> WORK ITEM
What lines of the data below hold "this"? Show them.

> SOURCE MATERIAL
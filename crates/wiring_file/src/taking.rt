//! Whole units into what has been read. Each word comes with the number that it says.
ghost use Rattle.std.specs.Prelude.{◌≡◌, ◌<◌, [], true, false, pos, Some, length, map, OnOk, IfOk, if◌then◌else◌};
ghost use Rattle.reading.specs.Grammar.{AreHeard};
ghost use Rattle.reading.specs.Word.{heard_token};
ghost use Rattle.wiring_file.specs.declared.number.Quantity.TheVariants.{NotNegative};
ghost use Rattle.wiring_file.specs.declared.section.Section.{Section as In};
ghost use Rattle.wiring_file.specs.declared.section.Section.TheVariants as sections;
ghost use Rattle.wiring_file.specs.Fault.{Says};
ghost use Rattle.wiring_file.specs.Number.{numbers_in, quantity_at};
ghost use Rattle.wiring_file.specs.Record.{SaysVia, SaysWire, SaysPlace};
ghost use Rattle.wiring_file.specs.Standing.{Standing};
ghost use Rattle.wiring_file.specs.Unit.{text_at, is_place, ends_net};
ghost use Rattle.wiring_file.specs.inside.Held.{Takes, next_section, counts_list};
ghost use Rattle.wiring_file.specs.inside.Value.{says};

use crate::held::Held;
use crate::record::{PlaceText, ViaText, WireText};
use crate::section::Section;
use crate::unit::{ends_net, is_entry, is_place, text_at, value_at};
use number_place::values_fit_their_places;
use outside::Name;
use reading::Heard;
use std::alloc::{AllocError, Global};

/// The section after one in which each unit leads to the next.
pub(crate) fn next_section(section: Section) -> Section
    ensures { result ≡ next_section section }
{
    match section {
        Section::Version => Section::DividerChar,
        Section::DividerChar => Section::BusBitChars,
        Section::BusBitChars => Section::Design,
        Section::Design => Section::Units,
        Section::Units => Section::Die,
        Section::Die => Section::ViasHead,
        _ => Section::Ended,
    }
}

/// The word that has n words before it, as a name.
fn word(alloc: Global, n: usize, unit: &[Heard<'_, i64>]) -> Result<Name, AllocError>
    ensures { IfOk result (λ name. name ≡ text_at n (map heard_token unit.now)) }
{
    Name::new(alloc, text_at(n, unit))
}

/// A via.
fn via_text(alloc: Global, unit: &[Heard<'_, i64>]) -> Result<ViaText, AllocError>
    ensures { IfOk result (λ via. (s : Standing) → AreHeard (says sections.Vias) [] unit.now → 27 < length unit.now →
        SaysVia (s, map heard_token unit.now) via) }
{
    let name = word(alloc, 1, unit)?;
    let rule = word(alloc, 4, unit)?;
    let lower = word(alloc, 11, unit)?;
    let cut = word(alloc, 12, unit)?;
    let upper = word(alloc, 13, unit)?;
    Ok(ViaText {
        name,
        rule,
        cut_x: value_at(7, unit),
        cut_y: value_at(8, unit),
        lower,
        cut,
        upper,
        gap_x: value_at(16, unit),
        gap_y: value_at(17, unit),
        lower_x: value_at(20, unit),
        lower_y: value_at(21, unit),
        upper_x: value_at(22, unit),
        upper_y: value_at(23, unit),
        rows: value_at(26, unit),
        columns: value_at(27, unit),
    })
}

/// A line of a piece of this net.
fn wire_text(alloc: Global, net: &Name, unit: &[Heard<'_, i64>]) -> Result<WireText, AllocError>
    ensures { IfOk result (λ wire. (s : Standing) → net.now ≡ s.net → AreHeard (says sections.Line) [] unit.now →
        11 < length unit.now → SaysWire (s, map heard_token unit.now) wire) }
{
    Ok(WireText {
        net: Name::new(alloc, net.bytes())?,
        layer: word(alloc, 0, unit)?,
        width: value_at(1, unit),
        shape: word(alloc, 4, unit)?,
        x1: value_at(6, unit),
        y1: value_at(7, unit),
        x2: value_at(10, unit),
        y2: value_at(11, unit),
    })
}

/// A line of an array of this net.
fn place_text(alloc: Global, net: &Name, unit: &[Heard<'_, i64>]) -> Result<PlaceText, AllocError>
    ensures { IfOk result (λ place. (s : Standing) → net.now ≡ s.net → AreHeard (says sections.Line) [] unit.now →
        7 < length unit.now → SaysPlace (s, map heard_token unit.now) place) }
{
    Ok(PlaceText {
        net: Name::new(alloc, net.bytes())?,
        layer: word(alloc, 0, unit)?,
        x: value_at(6, unit),
        y: value_at(7, unit),
        via: word(alloc, 9, unit)?,
    })
}

/// How many entries a head says that its list has.
fn count(unit: &[Heard<'_, i64>]) -> u64
    ensures { (section : In) → quantity_at 1 (numbers_in section) ≡ Some NotNegative → AreHeard (says section) [] unit.now →
        1 < length unit.now → Says NotNegative 1 (map heard_token unit.now) (pos result) }
{
    values_fit_their_places();
    value_at(1, unit).unsigned_abs()
}

/// The head of a list of entries.
pub(crate) fn take_count(said: &mut Held, unit: &[Heard<'_, i64>], section: Section)
    ensures { counts_list said.old.section section → Takes said.old unit.now said.new }
{
    said.count = count(unit);
    said.entries = 0;
    said.section = section;
}

/// A via, or the end of the vias.
pub(crate) fn take_via(said: &mut Held, unit: &[Heard<'_, i64>]) -> Result<(), AllocError>
    ensures { said.old.section ≡ sections.Vias → OnOk result (Takes said.old unit.now said.new) }
{
    if !is_entry(unit) {
        said.section = Section::NetsHead;
        return Ok(());
    }
    let via = via_text(said.alloc, unit)?;
    said.vias.push(via)?;
    said.entries = said.entries.saturating_add(1);
    Ok(())
}

/// The head of a net, or the end of the nets.
pub(crate) fn take_net(said: &mut Held, unit: &[Heard<'_, i64>]) -> Result<(), AllocError>
    ensures { said.old.section ≡ sections.Nets → OnOk result (Takes said.old unit.now said.new) }
{
    if !is_entry(unit) {
        said.section = Section::DesignEnd;
        return Ok(());
    }
    said.net = word(said.alloc, 1, unit)?;
    said.entries = said.entries.saturating_add(1);
    said.section = Section::First;
    said.placed = false;
    Ok(())
}

/// Where the unit leads that begins a line or ends a net.
fn start_section(unit: &[Heard<'_, i64>]) -> Section
    ensures { result ≡ (if ends_net (map heard_token unit.now) then Section.Nets else Section.Line) }
{
    if ends_net(unit) {
        Section::Nets
    } else {
        Section::Line
    }
}

/// How a line begins, or the end of a net.
pub(crate) fn take_start(said: &mut Held, unit: &[Heard<'_, i64>])
    ensures first { said.old.section ≡ sections.First → Takes said.old unit.now said.new }
    ensures next { said.old.section ≡ sections.Next → Takes said.old unit.now said.new }
{
    said.section = start_section(unit);
}

/// A line of wiring.
pub(crate) fn take_line(said: &mut Held, unit: &[Heard<'_, i64>]) -> Result<(), AllocError>
    ensures { said.old.section ≡ sections.Line → OnOk result (Takes said.old unit.now said.new) }
{
    if is_place(unit) {
        take_place(said, unit)
    } else {
        take_wire(said, unit)
    }
}

/// A line that has a via.
fn take_place(said: &mut Held, unit: &[Heard<'_, i64>]) -> Result<(), AllocError>
    ensures { said.old.section ≡ sections.Line → is_place (map heard_token unit.now) ≡ true →
        OnOk result (Takes said.old unit.now said.new) }
{
    let place = place_text(said.alloc, &said.net, unit)?;
    said.places.push(place)?;
    said.placed = true;
    said.section = Section::Next;
    Ok(())
}

/// A line that goes to another point.
fn take_wire(said: &mut Held, unit: &[Heard<'_, i64>]) -> Result<(), AllocError>
    ensures { said.old.section ≡ sections.Line → is_place (map heard_token unit.now) ≡ false →
        OnOk result (Takes said.old unit.now said.new) }
{
    let wire = wire_text(said.alloc, &said.net, unit)?;
    said.wires.push(wire)?;
    said.placed = false;
    said.section = Section::Next;
    Ok(())
}
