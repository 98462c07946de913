//! What a written wiring says. Lengths and places are units of the design.

use entry_list::Entries;
use outside::Name;

/// A via: `- name + VIARULE rule + CUTSIZE x y + LAYERS lower cut upper + CUTSPACING x y + ENCLOSURE x y x y + ROWCOL
/// rows columns ;`.
#[derive(Debug, Drop)]
pub struct ViaText {
    pub name: Name,
    pub rule: Name,
    pub cut_x: i64,
    pub cut_y: i64,
    pub lower: Name,
    pub cut: Name,
    pub upper: Name,
    /// The space between cuts, the numbers of CUTSPACING.
    pub gap_x: i64,
    pub gap_y: i64,
    /// The enclosures of the lower and of the upper layer.
    pub lower_x: i64,
    pub lower_y: i64,
    pub upper_x: i64,
    pub upper_y: i64,
    pub rows: i64,
    pub columns: i64,
}

/// A piece of metal: `layer width + SHAPE shape ( x1 y1 ) ( x2 y2 )`.
#[derive(Debug, Drop)]
pub struct WireText {
    pub net: Name,
    pub layer: Name,
    pub width: i64,
    /// RING, STRIPE or FOLLOWPIN.
    pub shape: Name,
    pub x1: i64,
    pub y1: i64,
    pub x2: i64,
    pub y2: i64,
}

/// An array of a stack: `layer 0 + SHAPE STRIPE ( x y ) via`.
#[derive(Debug, Drop)]
pub struct PlaceText {
    pub net: Name,
    pub layer: Name,
    pub x: i64,
    pub y: i64,
    pub via: Name,
}

/// A written wiring, each list in the order of the text.
#[derive(Debug, Drop)]
pub struct Wiring {
    pub vias: Entries<ViaText>,
    pub wires: Entries<WireText>,
    pub places: Entries<PlaceText>,
}
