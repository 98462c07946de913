//! The table of commands: the options of each, and what help says of them.

/// An option of a command.
#[derive(Clone, Copy)]
pub struct OptionText {
    /// The name, without the dashes before it.
    pub name: &'static str,
    /// What help calls the value.
    pub value: &'static str,
    /// What the value is.
    pub help: &'static str,
}

/// A command.
#[derive(Clone, Copy)]
pub struct CommandText {
    /// The word of the command line.
    pub word: &'static str,
    /// The program and the word, as usage shows them.
    pub name: &'static str,
    /// What the command does.
    pub about: &'static str,
    /// The options, in the order in which help shows them.
    pub options: &'static [OptionText],
}

const LEF: OptionText = OptionText {
    name: "lef",
    value: "FILE",
    help: "LEF technology to read: layers, cut layers, generated via rules",
};

const CELLS: OptionText = OptionText {
    name: "cells",
    value: "FILE",
    help: "LEF cells to read: sites and macros; may be the file of --lef",
};

const PLACED: OptionText = OptionText {
    name: "def",
    value: "FILE",
    help: "Placed DEF to read, without a power grid: die area, rows, components",
};

const DRAWN: OptionText = OptionText {
    name: "def",
    value: "FILE",
    help: "Placed DEF to read: die area, rows, components; wires in it are passed over",
};

const SCRIPT: OptionText = OptionText {
    name: "pdn",
    value: "FILE",
    help: "PDN script to read: OpenROAD's power grid commands",
};

const WIRES: OptionText = OptionText {
    name: "wires",
    value: "FILE",
    help: "DEF to read with the wires of the power and ground nets; may be the file of --def",
};

const BIAS: OptionText = OptionText {
    name: "bias",
    value: "FILE",
    help: "Bias file to read: supplies, pads, currents of cells, drop limits",
};

const OUT_DEF: OptionText = OptionText {
    name: "out-def",
    value: "FILE",
    help: "DEF to write: the design with its power grid",
};

const OUT_NETLIST: OptionText = OptionText {
    name: "netlist",
    value: "FILE",
    help: "SPICE netlist to write: the resistors, supplies and loads of the grid",
};

const OUT_CERTIFICATE: OptionText = OptionText {
    name: "certificate",
    value: "FILE",
    help: "Certificate to write: two voltages for each node",
};

const OUT_REPORT: OptionText = OptionText {
    name: "report",
    value: "FILE",
    help: "Report to write: bounds of voltages and currents, with verdicts",
};

const OUT_BOUNDS: OptionText = OptionText {
    name: "report",
    value: "FILE",
    help: "Report to write: bounds of voltages and currents",
};

const NETLIST: OptionText = OptionText {
    name: "netlist",
    value: "FILE",
    help: "SPICE netlist to read: resistors, voltage sources and loads",
};

const CERTIFICATE: OptionText = OptionText {
    name: "certificate",
    value: "FILE",
    help: "Certificate to read: two voltages for each node",
};

const CAPACITORS: OptionText = OptionText {
    name: "netlist",
    value: "FILE",
    help: "SPICE netlist to read: resistors, capacitors, voltage sources and loads",
};

const WAVES: OptionText = OptionText {
    name: "waves",
    value: "FILE",
    help: "Wave file to read: what loads draw from a step on",
};

const TIME: OptionText = OptionText {
    name: "time",
    value: "SECONDS",
    help: "Time step, with a SPICE scale or none, as 0.5n: above 0, at most 1",
};

const STEPS: OptionText = OptionText {
    name: "steps",
    value: "COUNT",
    help: "Number of steps: 1 to 1000",
};

const STEP_CERTIFICATE: OptionText = OptionText {
    name: "certificate",
    value: "FILE",
    help: "Certificate to write: two voltages for each node at each step",
};

const STEP_REPORT: OptionText = OptionText {
    name: "report",
    value: "FILE",
    help: "Report to write: bounds of voltages at each step",
};

const NUMBER: OptionText = OptionText {
    name: "number",
    value: "SEED",
    help: "Seed number of the design: 0 to 18446744073709551615",
};

const SIDE: OptionText = OptionText {
    name: "side",
    value: "ROWS",
    help: "Side of the design in rows: 24 to 300",
};

const OUT_LEF: OptionText = OptionText {
    name: "lef",
    value: "FILE",
    help: "LEF technology to write",
};

const OUT_CELLS: OptionText = OptionText {
    name: "cells",
    value: "FILE",
    help: "LEF cells to write",
};

const OUT_PLACED: OptionText = OptionText {
    name: "def",
    value: "FILE",
    help: "Placed DEF to write",
};

const OUT_SCRIPT: OptionText = OptionText {
    name: "pdn",
    value: "FILE",
    help: "PDN script to write",
};

const OUT_BIAS: OptionText = OptionText {
    name: "bias",
    value: "FILE",
    help: "Bias file to write",
};

const BUILD_OPTIONS: [OptionText; 9] = [
    LEF,
    CELLS,
    PLACED,
    SCRIPT,
    BIAS,
    OUT_DEF,
    OUT_NETLIST,
    OUT_CERTIFICATE,
    OUT_REPORT,
];

const SOLVE_OPTIONS: [OptionText; 3] = [NETLIST, OUT_CERTIFICATE, OUT_BOUNDS];

const CHECK_OPTIONS: [OptionText; 2] = [NETLIST, CERTIFICATE];

const STEP_OPTIONS: [OptionText; 6] = [
    TIME,
    STEPS,
    CAPACITORS,
    WAVES,
    STEP_CERTIFICATE,
    STEP_REPORT,
];

const SIGNOFF_OPTIONS: [OptionText; 8] = [
    LEF,
    CELLS,
    DRAWN,
    WIRES,
    BIAS,
    OUT_NETLIST,
    OUT_CERTIFICATE,
    OUT_REPORT,
];

const GENERATE_OPTIONS: [OptionText; 7] = [
    NUMBER, SIDE, OUT_LEF, OUT_CELLS, OUT_PLACED, OUT_SCRIPT, OUT_BIAS,
];

pub(crate) const BUILD: CommandText = CommandText {
    word: "build",
    name: "pdn build",
    about: "Draws the power grid of a placed design, extracts it, and signs off its IR drop and currents",
    options: &BUILD_OPTIONS,
};

pub(crate) const SIGNOFF: CommandText = CommandText {
    word: "signoff",
    name: "pdn signoff",
    about: "Signs off the IR drop and the currents of a power grid that another tool drew",
    options: &SIGNOFF_OPTIONS,
};

pub(crate) const SOLVE: CommandText = CommandText {
    word: "solve",
    name: "pdn solve",
    about: "Bounds the voltages and currents of a netlist, with a certificate",
    options: &SOLVE_OPTIONS,
};

pub(crate) const STEP: CommandText = CommandText {
    word: "step",
    name: "pdn step",
    about: "Bounds the voltages of a netlist with capacitors at each of many time steps",
    options: &STEP_OPTIONS,
};

pub(crate) const CHECK: CommandText = CommandText {
    word: "check",
    name: "pdn check",
    about: "Checks whether a certificate holds on a netlist",
    options: &CHECK_OPTIONS,
};

pub(crate) const GENERATE: CommandText = CommandText {
    word: "generate",
    name: "pdn generate",
    about: "Writes the five input files of a made-up design",
    options: &GENERATE_OPTIONS,
};

/// The commands of `pdn`, in the order in which help shows them.
pub const COMMANDS: [CommandText; 6] = [BUILD, SIGNOFF, SOLVE, STEP, CHECK, GENERATE];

> COMPLETED TASK
/// A line of a piece of this net.
/// A line of an array of this net.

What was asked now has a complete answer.